• _Stored data_:
────────────────────────────────────────
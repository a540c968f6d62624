//! A log from bytes to bytes.

ghost use Rattle.std.specs.Prelude.{◌≡◌, ◌<◌, ◌≤◌, ℕ, List, Option, None, IfOk, OnOk, IfErr};
ghost use Rattle.bohm_settings.specs.Given.{Given};
ghost use Rattle.bohm_run.specs.Headline.{answer_of, Answers, Refuses};
ghost use Rattle.bohm_run.specs.Headline.{ReadsDocument, IsBeforeWriting};
ghost use Rattle.bohm_run.specs.Streaming.{IsLogRun};
ghost use Rattle.bohm_run.specs.Times.{IsReadableAt, IsUnreadable};
ghost use Rattle.bohm_store.specs.Versions.{past};
ghost use Rattle.bohm_txn.specs.Stores.{store_of, cell_in};
ghost use Rattle.std.specs.FinMap.{entries};

use crate::chunks::RunState;
use crate::streaming::run_log;
use bohm_answer::{RunFault, read_all, write_all};
use bohm_apply::Settings;
use bohm_log::DrawnSeed;
use bohm_store::History;
use bohm_text::{parse_with_seed, put_store};
use bohm_txn::{Checked, check};
use bohm_types::{Key, MOST_TXNS, NoMemory, Value};
use std::alloc::Global;
use std::io::{Read, Write};
use std::random::RandomSource;
use std::sync::Wait;
use std::thread::Threads;

/// The minimum number of bytes of a window of a text, except for the first and the last one, if one
/// worker executes. It is small, so that a window and its columns stay in a processor's cache.
const WINDOW_SIZE: usize = 32_768;

/// The minimum number of bytes of a window if several workers execute, which are started anew for
/// each batch.
const SHARED_WINDOW_SIZE: usize = 131_072;

/// The minimum number of bytes of a window in `run_text`, except for the first and the last one.
pub fn window_size(settings: Settings) -> usize {
    if settings.exec().count() == 1 {
        WINDOW_SIZE
    } else {
        SHARED_WINDOW_SIZE
    }
}

/// Reads a log to the reader's end and checks it. An error says why the text is refused. The text
/// of the log is freed. Names are hashed with the seed.
pub fn read_log<R: Read>(
    alloc: Global,
    seed: DrawnSeed,
    reader: &mut R,
) -> Result<Checked, RunFault>
    ensures ok { IfOk result (ReadsDocument (R.remaining reader.old) (R.remaining reader.new)) }
    ensures err { IfErr result
        (λ e. (given : Given)
        → Refuses given (R.remaining reader.old) (R.remaining reader.new) None None e) }
    ensures before { IfErr result IsBeforeWriting }
{
    let text = read_all(alloc, reader)?;
    let doc = parse_with_seed(alloc, seed, text.as_slice())?;
    Ok(check(doc)?)
}

/// The timestamp whose store is printed, if it is readable after `count` transactions: a timestamp
/// above their number is refused, and then one below the final floor.
fn readable_time(count: usize, settings: Settings) -> Result<u32, RunFault>
    requires { count ≤ MOST_TXNS }
    ensures readable { IfOk result (IsReadableAt settings count) }
    ensures refused { IfErr result (IsUnreadable settings count) }
{
    let end = count as u32;
    let ts = settings.at().unwrap_or(end);
    if end < ts {
        return Err(RunFault::Future);
    }
    if ts < end.saturating_sub(settings.keep().timestamps()) {
        return Err(RunFault::Trimmed);
    }
    Ok(ts)
}

/// The entries of the store at a readable timestamp.
fn store_then(alloc: Global, history: &History, ts: u32) -> Result<Vec<(Key, Value)>, NoMemory>
    requires kept { history.now.floor ≤ ts }
    requires there { ts ≤ history.now.top }
    ensures past { IfOk result (λ v. cell_in (store_of v.items) ≡ past history.now ts) }
    ensures entries { IfOk result (λ v. v.items ≡ entries (store_of v.items)) }
{
    match history.store_at(alloc, ts) {
        Ok(store) => Ok(store),
        Err(_) => Err(NoMemory),
    }
}

/// The text of the answer of a log that was run, with the store at a timestamp.
fn answer(alloc: Global, state: RunState, ts: u32) -> Result<Vec<u8>, NoMemory>
    requires kept { state.history.floor ≤ ts }
    requires there { ts ≤ state.history.top }
    ensures { IfOk result
        (λ text. (keep : ℕ) (unread unread' : Option (List ℕ))
        → (run : IsLogRun keep unread unread' state) → text.items ≡ answer_of run.document ts) }
{
    let RunState { history, text, .. } = state;
    let store = store_then(alloc, &history, ts)?;
    let mut bytes = text.into_bytes();
    put_store(&mut bytes, store.as_slice())?;
    Ok(bytes)
}

/// Reads a log to the reader's end, runs it as the settings say, and writes the text of its answer
/// and nothing else: all replies, and the store at the requested timestamp. The whole answer is
/// made before the first byte is written. Every failure of a reader or a writer counts, even an
/// interrupted call.
///
/// The log is read in windows, and runs as it is read: while the transactions of a window are
/// executed, `cc` threads parse and check the windows after it.
/// The caller's thread runs the transactions in log order, without plans and batches, and reads the
/// next windows in between. Several workers execute a window whose bodies have at least 32
/// statements on average, judged by a sample, or every window if the batches are smaller than the
/// largest. Then the next window is planned meanwhile: of the partitions of the keys by the sum of
/// their bytes, planning worker w of `cc` has those whose number is w modulo `cc`. A log of one window
/// of short bodies is read and run on the caller's thread. While the next window isn't parsed, the
/// caller's thread parses another one that waits, and then blocks. If no thread can be started, it
/// parses all windows.
///
/// The time grows with the text and its answer, with the terms of the transactions and the keys
/// that they declare, and with the number of the store's keys k as k log k. Parsing is spread over
/// `cc` threads, planning over as many or over the partitions if these are fewer, and the
/// evaluation of long bodies, with their replies, over `exec` threads; all else is done by one
/// thread, or by two if several workers execute. The memory grows with the keys
/// of the log, with the text of the answer, and with 2 `cc` + 3 windows. A window has 32 KiB, 128
/// KiB for several executing workers, or is as long as the head and the store, or as a transaction,
/// if these are longer.
pub fn run_text<T: Threads + Wait + Sync + RandomSource + Copy + Send + 'static, R: Read, W: Write>(
    rt: &T,
    alloc: Global,
    reader: &mut R,
    writer: &mut W,
    settings: Settings,
) -> Result<(), RunFault>
    ensures ok { OnOk result
        (Answers settings (R.remaining reader.old) (R.remaining reader.new) (W.contents writer.old)
        (W.contents writer.new)) }
    ensures err { IfErr result
        (Refuses settings (R.remaining reader.old) (R.remaining reader.new) (W.contents writer.old)
        (W.contents writer.new)) }

    // Before all faults except those of writing, the writer isn't touched.
    ensures untouched { IfErr result (λ e. IsBeforeWriting e → writer.new ≡ writer.old) }
{
    run_text_in_windows(rt, alloc, reader, writer, settings, window_size(settings))
}

/// Runs a text as `run_text` does, in windows of at least `size` bytes, except for the first and
/// the last one. The answer and the refusals are the same for every size.
pub fn run_text_in_windows<
    T: Threads + Wait + Sync + RandomSource + Copy + Send + 'static,
    R: Read,
    W: Write,
>(
    rt: &T,
    alloc: Global,
    reader: &mut R,
    writer: &mut W,
    settings: Settings,
    size: usize,
) -> Result<(), RunFault>
    ensures ok { OnOk result
        (Answers settings (R.remaining reader.old) (R.remaining reader.new) (W.contents writer.old)
        (W.contents writer.new)) }
    ensures err { IfErr result
        (Refuses settings (R.remaining reader.old) (R.remaining reader.new) (W.contents writer.old)
        (W.contents writer.new)) }

    // Before all faults except those of writing, the writer isn't touched.
    ensures untouched { IfErr result (λ e. IsBeforeWriting e → writer.new ≡ writer.old) }
{
    let state = run_log(rt, alloc, reader, settings, size)?;
    let ts = readable_time(state.count, settings)?;
    let text = answer(alloc, state, ts)?;
    write_all(writer, text.as_slice())
}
────────────────────────────────────────
• _EXERCISE DIRECTIONS_: Print exactly the lines of the records from the one containing "let text = answer(alloc, state, ts)?;" through the end, and nothing besides them.

• _ANSWER TO THIS PROBLEM_:
    let text = answer(alloc, state, ts)?;
    write_all(writer, text.as_slice())
}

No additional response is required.